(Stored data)

----

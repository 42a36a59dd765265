//! A connection's two directions, so that no reply waits behind a read.
use std::cell::RefCell;
use std::io;
use std::io::{BufRead, BufReader, BufWriter, Error, ErrorKind, Read, Write};

/// An `Incoming` is the bytes of a client, read ahead. Before it waits for the client, it sends the
/// gathered replies; while read bytes are left, it sends nothing.
#[derive(Drop)]
pub(crate) struct Incoming<'a, R, W: Write + Drop> {
    pub(crate) input: BufReader<R>,
    pub(crate) output: &'a RefCell<BufWriter<W>>,
}

/// An `Ahead` is a reader that can look at what it has read ahead, and never waits for it.
pub(crate) trait Ahead {
    /// Whether a whole line was read ahead, and its second word begins as that of a query.
    fn is_query_ahead(&self) -> bool;
}

/// An `Outgoing` is the replies to a client, gathered until the reader waits for the client.
#[derive(Drop)]
pub(crate) struct Outgoing<'a, W: Write + Drop> {
    pub(crate) output: &'a RefCell<BufWriter<W>>,
}

impl<'a, R: Read, W: Write + Drop> Read for Incoming<'a, R, W> {
    fn read(&mut self, bytes: &mut [u8]) -> io::Result<usize> {
        if self.input.buffer().is_empty() {
            send(self.output)?;
        }
        self.input.read(bytes)
    }
}

impl<'a, R: Read, W: Write + Drop> BufRead for Incoming<'a, R, W> {
    fn fill_buf(&mut self) -> io::Result<&[u8]> {
        if self.input.buffer().is_empty() {
            send(self.output)?;
        }
        self.input.fill_buf()
    }

    fn consume(&mut self, amount: usize) {
        self.input.consume(amount);
    }
}

impl<'a, R: Read, W: Write + Drop> Ahead for Incoming<'a, R, W> {
    fn is_query_ahead(&self) -> bool {
        is_query_line(self.input.buffer())
    }
}

/// Whether `bytes` begin with a whole line whose second word begins as `status`, `result` or
/// `ledger` does. So a submit, whose text may still be on its way, is never taken for a query.
fn is_query_line(bytes: &[u8]) -> bool {
    let Some(end) = bytes.iter().position(|byte| *byte == b'\n') else {
        return false;
    };
    let line = &bytes[..end];
    let Some(blank) = line.iter().position(|byte| matches!(*byte, b' ' | b'\t')) else {
        return false;
    };
    let word = &line[blank + 1..];
    word.starts_with(b"st") || word.starts_with(b"r") || word.starts_with(b"l")
}

impl<'a, W: Write + Drop> Write for Outgoing<'a, W> {
    fn write(&mut self, bytes: &[u8]) -> io::Result<usize> {
        match self.output.try_borrow_mut() {
            Ok(mut output) => output.write(bytes),
            Err(_) => Err(Error::from(ErrorKind::Other)),
        }
    }

    fn flush(&mut self) -> io::Result<()> {
        send(self.output)
    }
}

/// The borrow never fails: one thread has both directions, and uses one at a time.
fn send<W: Write + Drop>(output: &RefCell<BufWriter<W>>) -> io::Result<()> {
    match output.try_borrow_mut() {
        Ok(mut output) => output.flush(),
        Err(_) => Err(Error::from(ErrorKind::Other)),
    }
}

----

▸ EXERCISE DESCRIPTION: Determine how many lines above contain the string "ErrorKind". Give only that number.

▸ WRITTEN RESPONSE: 3